Directions for this task
A verbatim reproduction of the lines below, from the line containing "repository f7dd6fc7bd8afa38" through the line containing "of each round.", both ends included, is the whole required output.
BEGIN Records for the task
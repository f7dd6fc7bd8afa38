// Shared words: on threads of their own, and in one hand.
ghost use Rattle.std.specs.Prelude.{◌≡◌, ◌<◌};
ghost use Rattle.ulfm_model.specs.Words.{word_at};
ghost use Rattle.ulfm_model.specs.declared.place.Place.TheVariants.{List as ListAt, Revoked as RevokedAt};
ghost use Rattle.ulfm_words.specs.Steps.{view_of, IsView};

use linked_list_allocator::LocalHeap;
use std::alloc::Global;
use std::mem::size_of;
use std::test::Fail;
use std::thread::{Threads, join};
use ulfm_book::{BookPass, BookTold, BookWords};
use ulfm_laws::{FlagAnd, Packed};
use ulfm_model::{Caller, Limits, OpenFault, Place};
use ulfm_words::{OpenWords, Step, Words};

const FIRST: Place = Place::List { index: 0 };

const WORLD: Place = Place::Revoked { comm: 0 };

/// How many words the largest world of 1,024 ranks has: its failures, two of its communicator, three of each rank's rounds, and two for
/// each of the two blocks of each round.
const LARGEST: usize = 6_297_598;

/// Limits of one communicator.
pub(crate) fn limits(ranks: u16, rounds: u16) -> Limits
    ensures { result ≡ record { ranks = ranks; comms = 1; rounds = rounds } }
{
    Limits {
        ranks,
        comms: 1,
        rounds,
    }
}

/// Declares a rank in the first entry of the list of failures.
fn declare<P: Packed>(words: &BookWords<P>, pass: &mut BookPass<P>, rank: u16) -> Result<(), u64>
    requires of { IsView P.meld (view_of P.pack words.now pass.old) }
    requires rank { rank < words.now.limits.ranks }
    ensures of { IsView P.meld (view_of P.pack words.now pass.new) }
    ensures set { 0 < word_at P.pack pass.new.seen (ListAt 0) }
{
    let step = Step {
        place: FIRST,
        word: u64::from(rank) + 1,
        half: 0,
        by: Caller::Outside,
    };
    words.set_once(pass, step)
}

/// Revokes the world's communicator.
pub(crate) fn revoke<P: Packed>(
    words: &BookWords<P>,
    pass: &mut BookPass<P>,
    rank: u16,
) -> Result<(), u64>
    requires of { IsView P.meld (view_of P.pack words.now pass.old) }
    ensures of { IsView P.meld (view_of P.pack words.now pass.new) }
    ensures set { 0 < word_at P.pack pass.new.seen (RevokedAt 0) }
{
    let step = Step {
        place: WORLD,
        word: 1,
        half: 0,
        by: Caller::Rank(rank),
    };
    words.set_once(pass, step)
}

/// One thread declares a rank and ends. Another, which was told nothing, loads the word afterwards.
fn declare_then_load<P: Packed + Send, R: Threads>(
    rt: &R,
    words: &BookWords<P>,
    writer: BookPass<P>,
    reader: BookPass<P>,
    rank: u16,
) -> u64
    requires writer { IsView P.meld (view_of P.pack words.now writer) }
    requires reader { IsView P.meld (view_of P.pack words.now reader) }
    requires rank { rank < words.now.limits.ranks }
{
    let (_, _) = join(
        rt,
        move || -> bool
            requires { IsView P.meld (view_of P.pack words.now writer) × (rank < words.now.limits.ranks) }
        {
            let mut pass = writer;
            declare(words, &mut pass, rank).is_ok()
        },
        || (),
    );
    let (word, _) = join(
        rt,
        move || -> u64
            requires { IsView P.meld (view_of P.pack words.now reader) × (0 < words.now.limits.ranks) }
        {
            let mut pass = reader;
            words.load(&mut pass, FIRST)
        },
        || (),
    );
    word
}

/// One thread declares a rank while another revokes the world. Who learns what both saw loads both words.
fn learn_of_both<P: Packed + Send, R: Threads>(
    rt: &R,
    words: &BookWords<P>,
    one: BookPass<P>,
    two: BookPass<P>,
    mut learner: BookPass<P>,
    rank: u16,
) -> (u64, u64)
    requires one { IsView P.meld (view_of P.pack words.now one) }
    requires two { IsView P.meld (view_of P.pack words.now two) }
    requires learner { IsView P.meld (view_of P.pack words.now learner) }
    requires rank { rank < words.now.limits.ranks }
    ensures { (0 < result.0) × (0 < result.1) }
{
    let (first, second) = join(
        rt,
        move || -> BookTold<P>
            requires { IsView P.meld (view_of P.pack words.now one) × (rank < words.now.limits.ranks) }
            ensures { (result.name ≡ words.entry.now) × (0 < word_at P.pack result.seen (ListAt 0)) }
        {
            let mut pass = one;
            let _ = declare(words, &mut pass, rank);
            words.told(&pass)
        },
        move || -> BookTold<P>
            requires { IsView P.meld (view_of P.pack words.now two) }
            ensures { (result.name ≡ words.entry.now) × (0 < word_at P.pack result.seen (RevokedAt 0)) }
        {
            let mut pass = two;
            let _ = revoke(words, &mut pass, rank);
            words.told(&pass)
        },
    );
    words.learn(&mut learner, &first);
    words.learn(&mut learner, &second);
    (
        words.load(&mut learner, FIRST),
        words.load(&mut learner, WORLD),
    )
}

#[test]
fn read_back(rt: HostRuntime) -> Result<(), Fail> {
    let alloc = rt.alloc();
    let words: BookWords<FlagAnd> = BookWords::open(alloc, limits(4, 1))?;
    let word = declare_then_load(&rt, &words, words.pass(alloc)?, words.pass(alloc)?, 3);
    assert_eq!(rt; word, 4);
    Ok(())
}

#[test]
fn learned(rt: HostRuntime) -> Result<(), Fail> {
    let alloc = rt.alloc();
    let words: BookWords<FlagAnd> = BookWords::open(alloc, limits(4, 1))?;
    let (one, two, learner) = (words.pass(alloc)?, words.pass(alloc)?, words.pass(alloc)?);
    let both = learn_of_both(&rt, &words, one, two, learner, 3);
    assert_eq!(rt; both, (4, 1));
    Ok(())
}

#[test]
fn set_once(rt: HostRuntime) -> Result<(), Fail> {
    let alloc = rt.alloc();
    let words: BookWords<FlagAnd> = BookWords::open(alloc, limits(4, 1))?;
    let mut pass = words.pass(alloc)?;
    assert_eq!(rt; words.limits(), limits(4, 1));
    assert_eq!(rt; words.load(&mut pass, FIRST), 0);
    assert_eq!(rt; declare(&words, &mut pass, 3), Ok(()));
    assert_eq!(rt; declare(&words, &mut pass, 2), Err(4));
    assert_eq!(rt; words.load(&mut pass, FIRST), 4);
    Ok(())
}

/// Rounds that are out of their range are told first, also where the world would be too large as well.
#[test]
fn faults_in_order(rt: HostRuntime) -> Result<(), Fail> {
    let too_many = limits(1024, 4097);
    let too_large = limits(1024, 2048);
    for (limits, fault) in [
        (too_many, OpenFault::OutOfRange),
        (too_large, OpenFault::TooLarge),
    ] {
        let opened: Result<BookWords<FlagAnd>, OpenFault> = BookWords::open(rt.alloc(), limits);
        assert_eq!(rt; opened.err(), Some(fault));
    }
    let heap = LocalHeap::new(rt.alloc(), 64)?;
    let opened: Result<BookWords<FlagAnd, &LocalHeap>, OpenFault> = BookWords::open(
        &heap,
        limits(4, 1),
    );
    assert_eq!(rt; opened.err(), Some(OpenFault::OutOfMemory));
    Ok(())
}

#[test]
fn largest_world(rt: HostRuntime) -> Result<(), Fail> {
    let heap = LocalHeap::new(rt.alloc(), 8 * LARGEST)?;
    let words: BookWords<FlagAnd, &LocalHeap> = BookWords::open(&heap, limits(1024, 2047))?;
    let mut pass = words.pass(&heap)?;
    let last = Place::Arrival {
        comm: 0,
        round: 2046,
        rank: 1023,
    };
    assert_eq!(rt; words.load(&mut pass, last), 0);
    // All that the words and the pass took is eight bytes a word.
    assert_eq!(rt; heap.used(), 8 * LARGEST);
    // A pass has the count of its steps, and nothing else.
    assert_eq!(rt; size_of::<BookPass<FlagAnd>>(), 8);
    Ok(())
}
END Records for the task
BEGIN Records for the task
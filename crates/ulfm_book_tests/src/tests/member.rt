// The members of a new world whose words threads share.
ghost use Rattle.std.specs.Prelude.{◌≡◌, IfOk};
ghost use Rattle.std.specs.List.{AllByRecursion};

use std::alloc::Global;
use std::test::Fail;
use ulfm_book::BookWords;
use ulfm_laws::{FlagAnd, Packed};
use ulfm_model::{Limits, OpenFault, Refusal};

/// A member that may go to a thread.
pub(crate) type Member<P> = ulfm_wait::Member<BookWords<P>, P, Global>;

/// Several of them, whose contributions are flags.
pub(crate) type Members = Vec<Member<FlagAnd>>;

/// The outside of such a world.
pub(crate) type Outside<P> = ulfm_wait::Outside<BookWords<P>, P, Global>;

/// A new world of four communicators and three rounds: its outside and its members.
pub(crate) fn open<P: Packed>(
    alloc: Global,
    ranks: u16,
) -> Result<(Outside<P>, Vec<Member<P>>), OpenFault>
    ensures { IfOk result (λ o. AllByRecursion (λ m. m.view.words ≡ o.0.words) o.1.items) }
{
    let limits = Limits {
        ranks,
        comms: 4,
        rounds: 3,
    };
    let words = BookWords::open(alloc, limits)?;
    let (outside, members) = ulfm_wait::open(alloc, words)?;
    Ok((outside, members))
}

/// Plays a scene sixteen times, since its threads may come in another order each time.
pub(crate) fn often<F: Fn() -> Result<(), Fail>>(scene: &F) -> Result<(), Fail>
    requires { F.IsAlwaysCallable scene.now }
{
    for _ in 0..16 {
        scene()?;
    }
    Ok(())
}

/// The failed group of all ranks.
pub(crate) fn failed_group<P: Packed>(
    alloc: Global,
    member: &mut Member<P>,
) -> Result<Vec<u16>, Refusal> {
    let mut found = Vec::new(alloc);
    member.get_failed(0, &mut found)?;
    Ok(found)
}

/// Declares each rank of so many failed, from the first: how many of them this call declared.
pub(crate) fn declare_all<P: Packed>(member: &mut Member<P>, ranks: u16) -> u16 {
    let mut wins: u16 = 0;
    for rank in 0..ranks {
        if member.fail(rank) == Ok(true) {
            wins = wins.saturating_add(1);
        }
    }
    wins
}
END Records for the task
BEGIN Records for the task
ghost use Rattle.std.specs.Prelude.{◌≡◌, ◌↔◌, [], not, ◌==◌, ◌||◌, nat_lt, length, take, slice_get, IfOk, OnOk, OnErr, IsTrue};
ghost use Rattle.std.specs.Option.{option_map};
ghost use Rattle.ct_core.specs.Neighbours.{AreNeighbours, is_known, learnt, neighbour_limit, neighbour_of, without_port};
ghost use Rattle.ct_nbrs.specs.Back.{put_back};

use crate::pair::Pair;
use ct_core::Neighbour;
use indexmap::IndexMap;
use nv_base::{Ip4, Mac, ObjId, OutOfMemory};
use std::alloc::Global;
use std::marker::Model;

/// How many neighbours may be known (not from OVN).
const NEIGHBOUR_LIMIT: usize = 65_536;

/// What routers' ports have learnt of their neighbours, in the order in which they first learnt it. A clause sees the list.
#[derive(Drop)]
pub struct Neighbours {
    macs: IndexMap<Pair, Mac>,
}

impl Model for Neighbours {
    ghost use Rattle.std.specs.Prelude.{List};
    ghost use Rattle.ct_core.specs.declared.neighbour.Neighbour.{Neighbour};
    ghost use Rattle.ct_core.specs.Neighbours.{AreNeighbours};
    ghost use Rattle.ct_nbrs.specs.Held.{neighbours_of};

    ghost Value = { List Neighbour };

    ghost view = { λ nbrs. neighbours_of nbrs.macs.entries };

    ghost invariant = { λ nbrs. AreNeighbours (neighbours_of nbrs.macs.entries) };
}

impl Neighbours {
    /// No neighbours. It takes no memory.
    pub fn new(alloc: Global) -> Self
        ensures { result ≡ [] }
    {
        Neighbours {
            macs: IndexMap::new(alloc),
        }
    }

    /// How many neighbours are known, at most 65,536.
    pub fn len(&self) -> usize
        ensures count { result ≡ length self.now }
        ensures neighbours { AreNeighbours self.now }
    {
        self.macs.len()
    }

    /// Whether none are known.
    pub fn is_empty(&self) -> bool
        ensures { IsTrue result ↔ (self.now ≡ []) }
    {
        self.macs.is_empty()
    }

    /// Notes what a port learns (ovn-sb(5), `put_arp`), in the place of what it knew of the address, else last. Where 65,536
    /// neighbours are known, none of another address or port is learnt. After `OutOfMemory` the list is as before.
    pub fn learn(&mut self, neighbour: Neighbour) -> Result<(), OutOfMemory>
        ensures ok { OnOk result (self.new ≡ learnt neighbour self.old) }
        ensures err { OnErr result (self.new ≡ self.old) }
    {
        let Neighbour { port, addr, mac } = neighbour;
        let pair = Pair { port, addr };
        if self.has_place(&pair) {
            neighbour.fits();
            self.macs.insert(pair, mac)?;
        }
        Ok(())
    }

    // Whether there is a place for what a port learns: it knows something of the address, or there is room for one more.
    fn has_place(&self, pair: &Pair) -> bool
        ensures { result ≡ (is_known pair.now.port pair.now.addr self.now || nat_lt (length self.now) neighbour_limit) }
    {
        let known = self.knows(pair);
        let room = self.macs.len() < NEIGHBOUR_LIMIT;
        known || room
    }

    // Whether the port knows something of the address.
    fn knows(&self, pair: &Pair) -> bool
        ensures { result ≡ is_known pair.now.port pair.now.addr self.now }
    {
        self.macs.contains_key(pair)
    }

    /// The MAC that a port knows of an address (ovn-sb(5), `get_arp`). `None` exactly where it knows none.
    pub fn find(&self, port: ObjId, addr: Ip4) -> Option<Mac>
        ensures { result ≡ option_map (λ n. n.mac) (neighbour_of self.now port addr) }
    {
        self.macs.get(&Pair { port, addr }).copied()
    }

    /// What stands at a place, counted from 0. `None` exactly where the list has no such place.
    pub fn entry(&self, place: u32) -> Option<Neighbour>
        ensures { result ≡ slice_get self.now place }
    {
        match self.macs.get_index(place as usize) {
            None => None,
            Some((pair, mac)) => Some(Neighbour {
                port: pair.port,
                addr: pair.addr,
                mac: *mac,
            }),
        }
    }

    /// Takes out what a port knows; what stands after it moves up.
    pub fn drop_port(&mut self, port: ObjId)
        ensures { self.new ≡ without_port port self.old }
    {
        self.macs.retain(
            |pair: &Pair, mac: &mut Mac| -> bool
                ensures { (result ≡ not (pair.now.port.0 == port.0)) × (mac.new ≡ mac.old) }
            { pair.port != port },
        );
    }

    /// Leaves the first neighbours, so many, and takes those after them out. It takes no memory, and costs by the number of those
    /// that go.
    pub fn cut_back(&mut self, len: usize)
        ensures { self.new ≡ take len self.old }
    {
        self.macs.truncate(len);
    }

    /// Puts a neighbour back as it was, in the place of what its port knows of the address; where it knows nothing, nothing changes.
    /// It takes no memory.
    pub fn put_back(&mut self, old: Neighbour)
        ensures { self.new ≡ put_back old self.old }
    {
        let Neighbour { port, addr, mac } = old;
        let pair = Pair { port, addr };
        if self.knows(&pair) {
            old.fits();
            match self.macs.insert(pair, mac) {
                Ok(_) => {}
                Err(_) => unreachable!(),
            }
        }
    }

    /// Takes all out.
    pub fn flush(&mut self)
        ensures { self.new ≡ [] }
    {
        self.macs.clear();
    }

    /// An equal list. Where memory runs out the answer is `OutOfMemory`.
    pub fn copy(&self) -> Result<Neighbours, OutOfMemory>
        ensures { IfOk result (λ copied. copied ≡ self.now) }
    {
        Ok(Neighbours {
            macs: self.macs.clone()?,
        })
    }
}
END Records for the task
Exercise solution
repository f7dd6fc7bd8afa38
// Shared words: on threads of their own, and in one hand.
ghost use Rattle.std.specs.Prelude.{◌≡◌, ◌<◌};
ghost use Rattle.ulfm_model.specs.Words.{word_at};
ghost use Rattle.ulfm_model.specs.declared.place.Place.TheVariants.{List as ListAt, Revoked as RevokedAt};
ghost use Rattle.ulfm_words.specs.Steps.{view_of, IsView};

use linked_list_allocator::LocalHeap;
use std::alloc::Global;
use std::mem::size_of;
use std::test::Fail;
use std::thread::{Threads, join};
use ulfm_book::{BookPass, BookTold, BookWords};
use ulfm_laws::{FlagAnd, Packed};
use ulfm_model::{Caller, Limits, OpenFault, Place};
use ulfm_words::{OpenWords, Step, Words};

const FIRST: Place = Place::List { index: 0 };

const WORLD: Place = Place::Revoked { comm: 0 };

/// How many words the largest world of 1,024 ranks has: its failures, two of its communicator, three of each rank's rounds, and two for
/// each of the two blocks of each round.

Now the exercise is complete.